The program will compile and link even before we know the addresses and
sizes of its static storage sections. It would need too, wouldn't it!? In
that case, the global section_*
variables that ought to hold these values
all get built with place-holder values.
When make
is run, the recipes:
$(TARG): $(MAP_FILE)
$(MAKE) AGAIN=1
and
$(MAP_FILE): $(OBJS)
g++ -o $(TARG) $(CXXFLAGS) -Wl,-Map=$@ $(OBJS) $(LDLIBS)
touch section_bounds.cpp
are operative, because AGAIN
is undefined. They tell make
that in order
to build prog
it must first build the linker map file of prog
, as per
the second recipe, and then re-timestamp section_bounds.cpp
. After that,
make
is to call itself again, with AGAIN
defined = 1.
Excecuting the makefile again, with AGAIN
defined, make
now finds that it
must compute all the variables:
BSS_BOUNDS
BSS_START
BSS_SIZE
RODATA_BOUNDS
RODATA_START
RODATA_SIZE
DATA_BOUNDS
DATA_START
DATA_SIZE
For each static storage section S
, it computes S_BOUNDS
by grepping
the linker map file for the line that reports the address and size of S
.
From that line, it assigns the 2nd word ( = the section address) to S_START
,
and the 3rd word ( = the size of the section) to S_SIZE
. All the section
delimiting values are then appended, via -D
options to the CPPFLAGS
that will automatically be passed to compilations.
Because AGAIN
is defined, the operative recipe for $(TARG)
is now the customary:
$(TARG): $(OBJS)
g++ -o $@ $(CXXFLAGS) $(OBJS) $(LDLIBS)
But we touched section_bounds.cpp
in the parent make
; so it has to be
recompiled, and therefore prog
has to be relinked.
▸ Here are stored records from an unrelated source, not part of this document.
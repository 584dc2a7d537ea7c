ghost use Rattle.std.specs.Prelude.{◌≡◌, ◌<◌, ◌++◌, suc, length, take, drop, count_by, slice_index_or, IfOk};
ghost use Rattle.std.specs.List.{filter};
ghost use Rattle.lock_entry.specs.Names.{count_at, is_of, stands};
ghost use Rattle.lock_entry.specs.Freeing.{freed, has_unhanded, lowered};
ghost use Rattle.lock_entry.specs.Table.{entry_at};
ghost use Rattle.lock_entry.specs.declared.entry.Entry.{Entry};

use enq_base::Owner;
use lock_entry::{Entry, LockName, find_entry, place_of};
use std::alloc::{AllocError, Global};

/// How many entries the owner has.
pub fn count_of(entries: &[Entry], owner: &Owner) -> usize
    ensures { result ≡ count_by (is_of owner.now) entries.now }
{
    entries.iter().filter(|e| e.is_of(owner)).count()
}

/// The owner's entries, in order.
pub fn entries_of(alloc: Global, entries: &[Entry], owner: &Owner) -> Result<Vec<Entry>, AllocError>
    ensures { IfOk result (λ v. v.items ≡ filter (is_of owner.now) entries.now) }
{
    entries
        .iter()
        .filter(|e| e.is_of(owner))
        .copied()
        .collect(alloc)
}

/// Whether the owner has an entry that wasn't handed over.
pub fn has_unhanded(entries: &[Entry], owner: &Owner) -> bool
    ensures { result ≡ has_unhanded owner.now entries.now }
{
    entries.iter().any(|e| e.is_of(owner) && !e.handed)
}

/// The count of the entry of this name, or 0.
pub fn count_at(entries: &[Entry], name: &LockName) -> u16
    ensures { result ≡ count_at entries.now name.now }
{
    match find_entry(entries, name) {
        Some(entry) => entry.count,
        None => 0,
    }
}

/// The entry at this place, counted from 1.
pub fn entry_at(entries: &[Entry], place: u32) -> Option<Entry>
    ensures { result ≡ entry_at entries.now place }
{
    if place == 0 {
        return None;
    }
    entries.get(place as usize - 1).copied()
}

/// Takes one from the entry of this name, which goes at 0. Tells whether it stood.
pub fn free_one(entries: &mut Vec<Entry>, name: &LockName) -> bool
    ensures stood { result ≡ stands entries.old.items name.now }
    ensures after { entries.new.items ≡ freed entries.old.items name.now }
{
    match place_of(entries.as_slice(), name) {
        Some(place) => {
            lower_at(entries, place);
            true
        }
        None => false,
    }
}

/// Takes one from the entry at the place, which goes at 0.
fn lower_at(entries: &mut Vec<Entry>, place: usize)
    requires { place < length entries.old.items }
    ensures { (d : Entry)
        → entries.new.items ≡ take place
        entries.old.items ++ (lowered (slice_index_or entries.old.items place d) ++ drop (suc place)
        entries.old.items) }
{
    let entry = entries[place];
    if entry.count <= 1 {
        let _ = entries.remove(place);
    } else {
        entries[place] = Entry {
            count: entry.count - 1,
            ..entry
        };
    }
}
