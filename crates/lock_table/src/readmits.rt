ghost use Rattle.std.specs.Prelude.{◌≡◌, ◌≤◌, ◌++◌, length, map, cond, is_some, Some, None, IsTrue, IfOk, IfErr, OnOk, OnErr, Ok, Err};
ghost use Rattle.std.specs.List.{list_all};
ghost use Rattle.lock_entry.specs.Names.{asked_of, is_of};
ghost use Rattle.lock_entry.specs.Granting.{first_bar, newcomers, readmitted};
ghost use Rattle.lock_entry.specs.Freeing.{freed_owner};

use crate::asks::is_full;
use crate::halves::look;
use enq_base::{NoMemory, Owner};
use lock_entry::{AskFault, Asker, Entry, free_owner};

/// Why the given entries, which are the update owner's, may not be granted as they are in place of the ones it has.
pub fn test(limit: u32, entries: &[Entry], asker: &Asker, given: &[Entry]) -> Result<(), AskFault>
    requires within { length entries.now ≤ limit }
    requires owners { IsTrue (list_all (is_of asker.now.update) given.now) }
    ensures granted { OnOk result
        (readmitted (record { entries = entries.now; limit = limit }) asker.now given.now ≡ Ok
        (freed_owner entries.now asker.now.update ++ given.now)) }
    ensures refused { IfErr result
        (λ f. readmitted (record { entries = entries.now; limit = limit }) asker.now given.now ≡ Err f) }
{
    match count_new(entries, asker, given) {
        Err(entry) => Err(AskFault::Foreign(entry)),
        Ok(added) => {
            if is_full(limit, entries.len(), added) {
                return Err(AskFault::Full {
                    used: entries.len() as u32,
                    limit,
                });
            }
            Ok(())
        }
    }
}

/// How many of the given entries have new names, or else the oldest entry that bars the first that is barred.
fn count_new(entries: &[Entry], asker: &Asker, given: &[Entry]) -> Result<usize, Entry>
    requires { IsTrue (list_all (is_of asker.now.update) given.now) }
    ensures free { OnOk result (first_bar entries.now asker.now (map asked_of given.now) ≡ None) }
    ensures count { IfOk result (λ n. n ≡ length (newcomers entries.now given.now)) }
    ensures barred { IfErr result (λ e. first_bar entries.now asker.now (map asked_of given.now) ≡ Some e) }
{
    let mut added = 0;
    for e in given {
        match look(entries, asker, &e.asked()) {
            Err(entry) => return Err(entry),
            Ok(places) => added += one_unless(places.update),
        }
    }
    Ok(added)
}

fn one_unless(place: Option<usize>) -> usize
    ensures { result ≡ cond (is_some place) 0 1 }
{
    if place.is_some() { 0 } else { 1 }
}

/// The given entries go last, in place of those of the owner.
pub fn replace(entries: &mut Vec<Entry>, owner: &Owner, given: &[Entry]) -> Result<(), NoMemory>
    ensures replaced { OnOk result (entries.new.items ≡ freed_owner entries.old.items owner.now ++ given.now) }
    ensures unchanged { OnErr result (entries.new.items ≡ entries.old.items) }
{
    entries.reserve(given.len())?;
    free_owner(entries, owner);
    entries.extend_from_slice(given)?;
    Ok(())
}
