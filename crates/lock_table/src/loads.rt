ghost use Rattle.std.specs.Prelude.{◌≡◌, ◌<◌, ◌+◌, ◌^◌, length, IfSome, not};
ghost use Rattle.std.specs.List.{list_all, position};
ghost use Rattle.lock_entry.specs.Sound as sound;

use lock_entry::{Entry, are_apart, has_count};

/// The places, from 1, of the first entry that may not stand with those before it and of the first that it may not
/// stand with, the earlier one first.
pub fn first_clash(entries: &[Entry]) -> Option<(u32, u32)>
    requires { length entries.now < 2 ^ 32 }
    ensures { result ≡ sound.first_clash entries.now }
{
    for i in 0..entries.len() {
        let before = &entries[..i];
        let entry = entries[i];
        if !stands_with(before, &entry) {
            return Some((first_against(before, &entry), i as u32 + 1));
        }
    }
    None
}

fn stands_with(before: &[Entry], entry: &Entry) -> bool
    ensures { result ≡ sound.stands_with before.now entry.now }
{
    has_count(entry) && all_apart(before, entry)
}

fn all_apart(before: &[Entry], entry: &Entry) -> bool
    ensures { result ≡ list_all (λ a. sound.are_apart a entry.now) before.now }
{
    before.iter().all(|a| are_apart(a, entry))
}

fn first_against(before: &[Entry], entry: &Entry) -> u32
    requires { length before.now + 1 < 2 ^ 32 }
    ensures { result ≡ sound.first_against before.now entry.now }
{
    match place_against(before, entry) {
        Some(i) => i as u32 + 1,
        None => before.len() as u32 + 1,
    }
}

fn place_against(before: &[Entry], entry: &Entry) -> Option<usize>
    ensures place { result ≡ position (λ a. not (sound.are_apart a entry.now)) before.now }
    ensures within { IfSome result (λ i. i < length before.now) }
{
    before.iter().position(|a| !are_apart(a, entry))
}
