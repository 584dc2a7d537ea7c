ghost use Rattle.std.specs.Prelude.{◌≡◌, List};
ghost use Rattle.std.specs.List.{All};
ghost use Rattle.keeper_api.specs.Rows.{Rows};
ghost use Rattle.ledger_laws.specs.Books.{AreBooksRight, AreInTurn, HoldBooks, IsEachOnce};
ghost use Rattle.ledger_steps.specs.Views.{TellsRefusal, views_of};
ghost use Rattle.update_records.specs.Ledger.{Ledger, StandFor};
ghost use Rattle.update_records.specs.Marks.{IsLegal};
ghost use Rattle.update_records.specs.declared.records.Mark.{Mark};
ghost use Rattle.update_records.specs.declared.records.Unit.{Unit as UnitOfWork};

/// In legal marks no unit is recorded twice and no part of one posted twice, and each comes behind what it stands on.
/// So in a store that stands for a ledger each posted part counts once, and the business rows are what the posted parts
/// made.
pub fn lawful_books_are_right()
    ensures once { (units : List UnitOfWork) (marks : List Mark) → IsLegal units marks → IsEachOnce marks }
    ensures turn { (units : List UnitOfWork) (marks : List Mark) → IsLegal units marks → AreInTurn marks }
    ensures books { (rows : Rows) (ledger : Ledger) → StandFor rows ledger → AreBooksRight ledger }
    ensures tables { (rows : Rows) (ledger : Ledger) → StandFor rows ledger → HoldBooks rows ledger }
{}

/// Rows stand for one ledger at most.
pub fn rows_stand_for_one_ledger()
    ensures one { (rows : Rows) (a b : Ledger) → StandFor rows a → StandFor rows b → a ≡ b }
{}

/// Whatever marks a ledger has, a refusal is told of a unit just where its status is `Bad` or `Bad2`.
pub fn views_tell_refusals()
    ensures refused { (ledger : Ledger) → All TellsRefusal (views_of ledger) }
{}
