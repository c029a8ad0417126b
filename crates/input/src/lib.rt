// The input of a program, up to a most.
#![tactic(auto)]

ghost use Rattle.std.specs.Prelude.{◌≡◌, take, IfOk, IfSome};

use std::alloc::Global;
use std::io;
use std::io::Read;

// The most bytes of input that a program reads.
pub const INPUT_MOST: u64 = 65_536;

// The bytes of a reader, up to the most; what follows is left unread.
pub fn read_input<R: Read + Drop>(heap: Global, reader: R) -> io::Result<Vec<u8>>
    ensures { IfOk result (λ bytes. IfSome (R.remaining reader) (λ all. bytes.items ≡ take INPUT_MOST all)) }
{
    let mut bytes = Vec::new(heap);
    let _ = reader.take(INPUT_MOST).read_to_end(&mut bytes)?;
    Ok(bytes)
}

#[cfg(test)]
mod tests {
    use super::*;
    use std::test::Fail;

    #[test]
    fn reads_to_the_most(rt: HostRuntime) -> Result<(), Fail> {
        let heap = rt.alloc();
        let long = vec![in heap; 7u8; 65_537]?;
        assert_eq!(rt; read_input(heap, long.as_slice())?.len(), 65_536);
        assert_eq!(rt; read_input(heap, b"F 1\n".as_slice())?.len(), 4);
        Ok(())
    }
}
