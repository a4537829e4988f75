// Kept rows that an event with a binding seen before moves in place (document 01, "One event"): those that include the binding,
// as long as none of them is dropped or reported. That is all of them at most events. Only rows that may include it are looked
// at: rows ascend, so those that begin with its first number stand together.
// Interior: `move_in_place`, for a session that was judged. What it leaves over is `advance`'s.

#![tactic(auto)]

ghost use Rattle.spans.specs.Spans.{Movable, Spans};
ghost use Rattle.inplace.specs.InPlace.{WalksTo, MovedInPlace};

use limits::{Combination, KEPT_STRIDE, WIDTH};
use moves::Known;

// The row before which the moves stopped, and the row from which on none includes the binding. Where they are the same, all is
// done.
#[derive(Clone, Copy)]
pub struct InPlace {
    pub row: usize,
    pub end: usize,
}

// Moves the rows between two rows that include the binding, up to one that is dropped or reported. Answers the row that it
// stopped before.
fn walk(
    known: &Known,
    kept: &mut [u32],
    m: usize,
    e: usize,
    b: Combination,
    low: usize,
    end: usize,
) -> usize
    requires { Movable known.now.next known.now.states e m b kept.old × Spans m b kept.old low end }
    ensures { WalksTo known.now.next known.now.states known.now.hopeful known.now.asked e m b low end kept.old kept.new result }
{
    let last = spans::last_bound(b);
    let number = b[last];
    if number == 0 {
        return low;
    }
    // Stays: it goes from each row found to the next, by a search; a range would visit every row and test the number by hand.
    let mut i = spans::next_with(kept, low, end, last, number);
    while i < end {
        let at = i * KEPT_STRIDE;
        if spans::agrees(kept, at, b, 1, last) {
            let to = known.next_state(kept[at + WIDTH], e);
            if !known.is_hopeful(to) || known.is_asked(to) {
                return i;
            }
            kept[at + WIDTH] = to;
        }
        i = spans::next_with(kept, i + 1, end, last, number);
    }
    i
}

// Moves the first rows that include the binding, up to one that is dropped or reported.
pub fn move_in_place(known: &Known, kept: &mut [u32], m: usize, e: usize, b: Combination) -> InPlace
    requires { Movable known.now.next known.now.states e m b kept.old }
    ensures { MovedInPlace known.now.next known.now.states known.now.hopeful known.now.asked e m b kept.old kept.new result }
{
    let first = b[0];
    let low = spans::first_place(kept, m, first as usize);
    let end = spans::end_place(kept, m, first);
    let row = walk(known, kept, m, e, b, low, end);
    InPlace { row, end }
}
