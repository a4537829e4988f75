// Small files, read whole into a lent slice, for the programs that read `events.csv` and `pattern.txt` (document 01, "The
// program and its example"). What a file holds no contract can say; the count is promised to lie within the slice.
//
//     let mut text = [0u8; 4097];
//     let count = files::read_whole(&rt, "events.csv", &mut text);
//     the file is the first count bytes of text; whoever lends a byte more than is taken sees that a file is too long.

#![tactic(auto)]

ghost use Rattle.std.specs.Prelude.{◌+◌, ◌≤◌, length, IfOk};
ghost use Rattle.io.specs.Counts.{IsPrefixLen};

use std::io::{ErrorKind, Read};
use std::rt::Files;
use std::{fs, io};

// Why no more was read.
#[derive(Clone, Copy)]
pub enum Stop {
    // The slice is full.
    Full,

    // The file has ended.
    Ended,

    // A read has failed.
    Failed(io::Error),
}

// How far a slice is filled, from its start, and why no further.
#[derive(Clone, Copy)]
pub struct Filled {
    pub held: usize,
    pub stop: Stop,
}

// A line on standard error: what could not be read or written, and why. Where that cannot be said, it is not.
pub fn say(rt: &impl Eprint, what: &str, error: io::Error) {
    let _ = eprintln!(rt; "{what}: {error}");
}

// The file of that name in the folder where the program runs, or none. That a file is missing is no failure; any other is said
// on standard error.
pub fn open<R: Files + Eprint>(rt: &R, path: &str) -> Option<R::File> {
    match fs::open(rt, path) {
        Ok(file) => Some(file),
        Err(error) => {
            if error.kind() != ErrorKind::NotFound {
                say(rt, path, error);
            }
            None
        }
    }
}

// Reads on after the bytes that are held, until the slice is full, the file ends or a read fails.
pub fn fill<R: Read>(file: &mut R, into: &mut [u8], front: usize) -> Filled
    requires { front ≤ length into.old }
    ensures { IsPrefixLen result.held into.new }
{
    let mut held = front;
    // Stays: each read brings as many bytes as it likes, so no range says the places.
    while held < into.len() {
        match file.read(&mut into[held..]) {
            Ok(0) => return Filled {
                held,
                stop: Stop::Ended,
            },
            Ok(count) => held += count,
            Err(error) => return Filled {
                held,
                stop: Stop::Failed(error),
            },
        }
    }
    Filled {
        held,
        stop: Stop::Full,
    }
}

// How many bytes of the file of that name, in the folder where the program runs, are in the slice from its start. "A missing file
// counts as empty", and so does one that cannot be read, which is said on standard error.
pub fn read_whole<R: Files + Eprint>(rt: &R, path: &str, into: &mut [u8]) -> usize
    ensures { IsPrefixLen result into.new }
{
    let Some(mut file) = open(rt, path) else {
        return 0;
    };
    let filled = fill(&mut file, into, 0);
    match filled.stop {
        Stop::Failed(error) => {
            say(rt, path, error);
            0
        }
        Stop::Full | Stop::Ended => filled.held,
    }
}
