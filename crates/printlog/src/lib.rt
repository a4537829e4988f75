// A log of any length, printed (document 01, "The program and its example"): window by window of the log's buffer, each by
// `printing::print`, to standard output. For the watch program alone. Above `window`, `printing` and `output`.

#![tactic(auto)]

ghost use Rattle.std.specs.Prelude.{◌≤◌, ◌≡◌, length, IfOk};

use output::Stopped;
use property::Property;
use std::io::Read;
use window::Window;

// What a log is printed by, and how far it is: the number of the next row, and the rows of both tables that count.
#[derive(Drop)]
pub struct Printer<'a, 'b, P> {
    rt: &'a P,
    declarations: &'a [u8],
    property: Property,
    seen: &'b mut [u32],
    kept: &'b mut [u32],
    reports: &'b mut [u32],
    text: &'b mut [u8],
    number: usize,
    seen_rows: usize,
    kept_rows: usize,
}

impl<'a, 'b, P: Print + Eprint> Printer<'a, 'b, P> {
    // Starts the session. Start is not refused: the table was translated, and there is room for the first kept row.
    pub fn new(
        rt: &'a P,
        declarations: &'a [u8],
        property: Property,
        seen: &'b mut [u32],
        kept: &'b mut [u32],
        reports: &'b mut [u32],
        text: &'b mut [u8],
    ) -> Printer<'a, 'b, P> {
        let started = starting::start(property, seen, kept);
        Printer {
            rt,
            declarations,
            property,
            seen,
            kept,
            reports,
            text,
            number: 1,
            seen_rows: started.seen,
            kept_rows: started.kept,
        }
    }

    // Rows that are held whole, each with its line end, but for the last of a log.
    fn print_rows(&mut self, part: &[u8]) -> Result<(), Stopped> {
        let mut at: usize = 0;
        // Stays: each call of `print` says where the next begins.
        while at < part.len() {
            let d = printing::print(
                self.declarations,
                self.property,
                self.seen,
                self.seen_rows,
                self.kept,
                self.kept_rows,
                self.reports,
                part,
                at,
                self.number,
                self.text,
            );
            if d.next <= at {
                return Err(Stopped);
            }
            output::write_out(self.rt, self.text, d.filled)?;
            self.number = d.number;
            self.seen_rows = d.seen;
            self.kept_rows = d.kept;
            at = d.next;
        }
        Ok(())
    }

    // What a window holds: its whole rows, before the rest of it; then a row that is too long, wherever it ends.
    fn print_window(&mut self, log: &[u8], w: Window, rest: Window) -> Result<(), Stopped>
        requires { (w.at ≤ rest.at) × (rest.held ≤ length log.now) }
    {
        self.print_rows(&log[w.at..rest.at])?;
        match rest.long_end() {
            Some(end) => self.print_rows(&log[rest.at..end]),
            None => Ok(()),
        }
    }

    // One turn over the log: what the window holds is printed, and the window is filled again.
    fn turn<R: Read>(
        &mut self,
        file: &mut Option<R>,
        log: &mut [u8],
        w: Window,
    ) -> Result<Window, Stopped>
        requires { w.held ≤ length log.old }
        ensures { IfOk result (λ next. next.held ≤ length log.old) }
    {
        let rest = w.after_rows(log);
        let printed = self.print_window(log, w, rest);
        let next = rest.after_long().refill(self.rt, file, log);
        printed?;
        Ok(next)
    }

    // The log, whose header is taken. A proved loop has to end, and nothing says that a file does. So the loop has a number of
    // turns that no run uses up.
    pub fn print_log<R: Read>(
        &mut self,
        file: &mut Option<R>,
        log: &mut [u8],
        first: Window,
    ) -> Result<(), Stopped>
        requires { first.held ≤ length log.old }
    {
        let mut w = first.after_row(log);
        for _ in 0..u64::MAX {
            if !w.goes_on() {
                break;
            }
            w = self.turn(file, log, w)?;
        }
        Ok(())
    }
}
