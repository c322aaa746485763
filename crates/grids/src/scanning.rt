// Bytes of a text, from one of them on. What is left from a byte on is `drop from text`. Fields are short and of much the same length from line to line:
// a run's first bytes are read without a test of the text's end at each of them, in a loop of so few turns that it is unrolled, and only the rest goes byte by byte.
ghost use Rattle.std.specs.Prelude.{◌≡◌, ◌+◌, ◌-◌, ◌*◌, ◌≤◌, min, ◌||◌, length, drop, ◌==◌};
ghost use Rattle.grids.specs.Numbers.{after_first};
ghost use Rattle.grids.specs.Private.{most, GapSeen, DigitsSeen};

// No number that a grid text is asked for comes to this: it is above every count of places that can be lent.
const MOST: u64 = 1800000000000000000;

// Spaces: where they end, and the byte there, a line feed for the text's end.
#[derive(Clone, Copy)]
pub(crate) struct Gap {
    pub(crate) end: usize,
    pub(crate) stop: u8,
}

// A run of digits: its value, or MOST where that is as much or more, where it ends, and the byte there.
#[derive(Clone, Copy)]
pub(crate) struct Digits {
    pub(crate) value: u64,
    pub(crate) end: usize,
    pub(crate) stop: u8,
}

// The spaces from `from` on, byte by byte.
pub(crate) fn skip_rest(text: &[u8], from: usize) -> Gap
    requires { from ≤ length text.now }
    ensures { GapSeen text.now from result }
{
    let end = text.len();
    for at in from..end {
        let byte = text[at];
        if byte != 32 {
            return Gap {
                end: at,
                stop: byte,
            };
        }
    }
    Gap { end, stop: 10 }
}

// The spaces from `from` on.
pub(crate) fn skip(text: &[u8], from: usize) -> Gap
    requires { from ≤ length text.now }
    ensures { GapSeen text.now from result }
{
    if 8 <= text.len() - from {
        for j in 0..8 {
            let byte = text[from + j];
            if byte != 32 {
                return Gap {
                    end: from + j,
                    stop: byte,
                };
            }
        }
    }
    skip_rest(text, from)
}

// A value with one digit more. The count stops at MOST.
fn more(value: u64, byte: u8) -> u64
    requires { (value ≤ most) × (48 ≤ byte) × (byte ≤ 57) }
    ensures { result ≡ min (10 * value + (byte - 48)) most }
{
    let next = 10 * value + (byte as u64 - 48);
    if next < MOST { next } else { MOST }
}

// The digits from `from` on, byte by byte, after those that came to `first`.
fn digits_rest(text: &[u8], from: usize, first: u64) -> Digits
    requires { (from ≤ length text.now) × (first ≤ most) }
    ensures { DigitsSeen text.now from first result }
{
    let mut value = first;
    let end = text.len();
    for at in from..end {
        let byte = text[at];
        if !((48 <= byte) & (byte <= 57)) {
            return Digits {
                value,
                end: at,
                stop: byte,
            };
        }
        value = more(value, byte);
    }
    Digits {
        value,
        end,
        stop: 10,
    }
}

// The digits from `from` on.
pub(crate) fn digits_at(text: &[u8], from: usize) -> Digits
    requires { from ≤ length text.now }
    ensures { DigitsSeen text.now from 0 result }
{
    let mut value: u64 = 0;
    let mut at = from;
    if 5 <= text.len() - from {
        for j in 0..5 {
            let byte = text[from + j];
            let digit = std::num::wrapping_sub_u64(byte as u64, 48);
            if 9 < digit {
                return Digits {
                    value,
                    end: from + j,
                    stop: byte,
                };
            }
            value = 10 * value + digit;
        }
        at += 5;
    }
    digits_rest(text, at, value)
}

// Whether a field ends before this byte: a space or a line feed.
pub(crate) fn is_end(byte: u8) -> bool
    ensures { result ≡ (byte == 32 || byte == 10) }
{
    (byte == 32) | (byte == 10)
}

// Past the line that `from` stands in.
pub(crate) fn past_line(text: &[u8], from: usize) -> usize
    ensures { drop result text.now ≡ after_first 10 (drop from text.now) }
{
    for at in from..text.len() {
        if text[at] == 10 {
            return at + 1;
        }
    }
    text.len()
}
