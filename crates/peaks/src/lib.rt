// What a gauge's peak is after any sequence of calls, for any record that has the laws. It has no code: see specs/ for the statement and proofs/ for its proof.
#![tactic(auto)]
This time, when
section_bounds.cpp
is compiled, all the section-delimiting macros:
BSS_START
BSS_SIZE
RODATA_START
RODATA_SIZE
DATA_START
DATA_SIZE
will have pre-defined values and will not assume their place-holder values.
And those predefined values will be correct because the second linkage
adds no symbols to the linkage and removes none, and does not alter the
size or storage class of any symbol. It just assigns different values to
symbols that were present in the first linkage. Consequently, the
addresses and sizes of the static storage sections will be unaltered and are now known to your program.